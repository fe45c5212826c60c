//! The command `accounts`: the accounts after a scenario.
ghost use Rattle.std.specs.Prelude.{Bool, IfErr, IfOk};
ghost use Rattle.cli_runs.specs.CommandStatus.{AccountsEnd};
ghost use Rattle.cli_runs.specs.RunStatus.{HasStatus, IsUnbooted, start_of};
ghost use Rattle.cli_runs.specs.declared.view.RunView.TheVariants.{Accounts};

use crate::run_request::{RunRequest, run_chosen};
use crate::view::RunView;
use cli_base::{Host, Settings};
use cli_options::AccountsOptions;
use list_parser::BootFault;
use run_lines::{LineRunFault, Sink, Source, write_out};
use run_scenario::{ScenarioEnd, ScenarioInput};
use std::alloc::{AllocError, Global};
use view_accounts::{AccountList, AccountRows, accounts};

/// Runs a scenario, and prints all accounts at its end. Returns the exit status.
pub fn list_accounts<'a, H: Host>(
    host: &H,
    asked: &'a AccountsOptions<'a>,
    settings: Settings<'a>,
) -> u8
    ensures { AccountsEnd (H.text_at host.now) asked.now settings.entry result }
{
    let viewing = RunView::Accounts { json: asked.json };
    run_chosen(
        host,
        asked.machine,
        RunRequest::whole(asked.scenario, settings, viewing),
    )
}

/// Runs a scenario, and writes its accounts if no fault stops the run: a table, or documents of JSON. Returns how the run ended. The
/// error is the fault of the boot.
pub(crate) fn print_accounts<S: Source, K: Sink, E: Sink>(
    alloc: Global,
    input: ScenarioInput<'_>,
    json: bool,
    reader: &mut S,
    writer: &mut K,
    complaints: &mut E,
) -> Result<ScenarioEnd, BootFault>
    ensures status { (view : Bool) → IfOk result (HasStatus (Accounts view)
        (start_of (Accounts view) input.entry) (S.remaining reader.old)) }
    ensures unbooted { IfErr result (IsUnbooted input.entry.list.now) }
{
    let AccountList { ending, rows } = accounts(alloc, input, reader, writer, complaints)?;
    if ending.fault.is_some() {
        return Ok(ending);
    }
    let Ok(text) = text_of(alloc, rows, json) else {
        return Ok(ending.stopped_by(LineRunFault::NoMemory));
    };
    if write_out(writer, text.as_slice()) < text.len() {
        return Ok(ending.stopped_by(LineRunFault::WriteFault));
    }
    Ok(ending)
}

// Returns the text of an account list.
fn text_of(
    alloc: Global,
    rows: Result<AccountRows, AllocError>,
    json: bool,
) -> Result<Vec<u8>, AllocError> {
    let rows = rows?;
    if json {
        rows.records(alloc)?.to_json()
    } else {
        rows.table(alloc)
    }
}
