//! The command `record`: a scenario with its replies, on standard output or in place of the scenario.
ghost use Rattle.std.specs.Prelude.{◌≡◌, ◌&&◌, length};
ghost use Rattle.cli_base.specs.Statuses.{EndsAs, IsZero};
ghost use Rattle.cli_base.specs.Unfolding.{EndsOnText, EndsUnfolded};
ghost use Rattle.cli_runs.specs.CommandStatus.{EndsRecorded, LacksQuota, RecordEnds, is_input, recorded_status};

use crate::line_errors::write_errors;
use cli_base::{
    Host, Machine, MachineChoice, OutputStream, REFUSED, STANDARD_INPUT, Settings, Spot, UNWRITTEN,
    no_memory, plain_writer, replace_file, report_boot_fault, report_error, report_write_failure,
    scenario_text, status_after, status_of, summarize_errors, unfolded, unread_status,
};
use cli_options::RecordOptions;
use run_record::{Recording, RecordingError, Scenario, record};
use std::alloc::AllocError;
use std::io;
use std::io::Write;
use view_diagnostics::{DiagnosticForm, Subject};

/// Records a scenario's replies on its machine. Returns the exit status: 0, 3 if a line has an error, 2 if the arguments or the list
/// are refused.
pub fn record_scenario<H: Host>(host: &H, asked: &RecordOptions<'_>, settings: Settings<'_>) -> u8
    ensures { RecordEnds (H.text_at host.now) asked.now settings.entry result }
{
    if writes_input(asked) {
        report_error(
            host.rt(),
            settings.form,
            Spot::nowhere(),
            &"--write: expected the path of a file, found `-`",
        );
        return REFUSED;
    }
    record_chosen(host, asked, settings)
}

// Returns whether the recording is to be written to standard input.
fn writes_input(asked: &RecordOptions<'_>) -> bool
    ensures { result ≡ (asked.now.write && is_input asked.now.scenario.now) }
{
    asked.write && asked.scenario == STANDARD_INPUT
}

// Records a scenario's replies on the machine of the list that is chosen, and returns the exit status.
fn record_chosen<H: Host>(host: &H, asked: &RecordOptions<'_>, settings: Settings<'_>) -> u8
    ensures { EndsOnText (H.text_at host.now) settings.entry asked.now.machine asked.now.scenario.now
        LacksQuota (λ machine text lines ended. EndsRecorded settings.entry machine lines ended) result }
{
    let list = match MachineChoice::of(host, settings.form, asked.machine, asked.scenario) {
        Ok(list) => list,
        Err(status) => return status,
    };
    let machine = match Machine::read(host, list.path(), settings) {
        Ok(machine) => machine,
        Err(status) => return status,
    };
    match scenario_text(host, settings.form, asked.scenario) {
        Ok(scenario) => record_on(host.rt(), &machine, scenario.as_slice(), asked, settings),
        Err(status) => status,
    }
}

// Records a scenario of a text on a machine, and returns the exit status.
fn record_on(
    rt: &HostRuntime,
    machine: &Machine<'_>,
    text: &[u8],
    asked: &RecordOptions<'_>,
    settings: Settings<'_>,
) -> u8
    ensures { EndsAs (LacksQuota machine.now) (EndsUnfolded settings.entry text.now
        (EndsRecorded settings.entry machine.now)) result }
{
    let lines = match unfolded(rt, asked.scenario, text, settings) {
        Ok(lines) => lines,
        Err(status) => return status,
    };
    let start = match settings.start_or_status(rt, lines.marks()) {
        Ok(start) => start,
        Err(status) => return status,
    };
    let list = machine.list();
    let scenario = Scenario {
        text,
        unfolded: lines.bytes(),
    };
    match record(rt.alloc(), list, scenario, start, asked.all) {
        Ok(recording) => print_recording(rt, settings.form, asked, text, &recording),
        Err(fault) => report_boot_fault(rt, settings.form, machine, &fault),
    }
}

// Prints the errors of a scenario's lines, and then the recording. Returns the exit status.
fn print_recording(
    rt: &HostRuntime,
    form: DiagnosticForm,
    asked: &RecordOptions<'_>,
    text: &[u8],
    recording: &Recording,
) -> u8
    ensures { EndsAs ⊥ (λ status. status ≡ recorded_status (length recording.now.errors.items)) result }
{
    let subject = Subject {
        file: asked.scenario.as_bytes(),
        form,
    };
    let status = errors_or_status(rt, subject, text, recording);
    let printed = write_recording(rt, form, asked, text, recording.text.as_slice());
    status_after(printed, status)
}

// Prints the errors of a scenario's lines, and their number. Returns the exit status.
fn errors_or_status(
    rt: &HostRuntime,
    subject: Subject<'_>,
    text: &[u8],
    recording: &Recording,
) -> u8
    ensures { EndsAs ⊥ (λ status. status ≡ recorded_status (length recording.now.errors.items)) result }
{
    match report_errors(rt, subject, text, recording.errors.as_slice()) {
        Ok(()) => unread_status(recording.errors.len()),
        Err(AllocError) => no_memory(rt),
    }
}

// Prints the errors of a scenario's lines, and their number. The error is out of memory.
fn report_errors(
    rt: &HostRuntime,
    subject: Subject<'_>,
    text: &[u8],
    errors: &[RecordingError],
) -> Result<(), AllocError> {
    let mut stderr = plain_writer(rt, OutputStream::Complained(rt.stderr()));
    write_errors(rt.alloc(), subject, text, errors, &mut stderr)?;
    summarize_errors(rt, subject.form, errors.len() as u64);
    Ok(())
}

// Writes a recording to standard output or to the scenario's file, and returns the exit status.
fn write_recording(
    rt: &HostRuntime,
    form: DiagnosticForm,
    asked: &RecordOptions<'_>,
    old: &[u8],
    new: &[u8],
) -> u8
    ensures { EndsAs ⊥ IsZero result }
{
    if !asked.write {
        return status_of(rt, io::writer(rt).write_all(new));
    }
    match replace_file(rt, asked.scenario, old, new) {
        Ok(()) => 0,
        Err(error) => {
            report_write_failure(rt, form, asked.scenario, &error);
            UNWRITTEN
        }
    }
}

────

▶ **Activity**: Lines from the one containing "match replace_file(rt, asked.scenario, old, new)" through the final line of the entries above are to be output exactly; omit all others.

▶ **Reply**:
    match replace_file(rt, asked.scenario, old, new) {
        Ok(()) => 0,
        Err(error) => {
            report_write_failure(rt, form, asked.scenario, &error);
            UNWRITTEN
        }
    }
}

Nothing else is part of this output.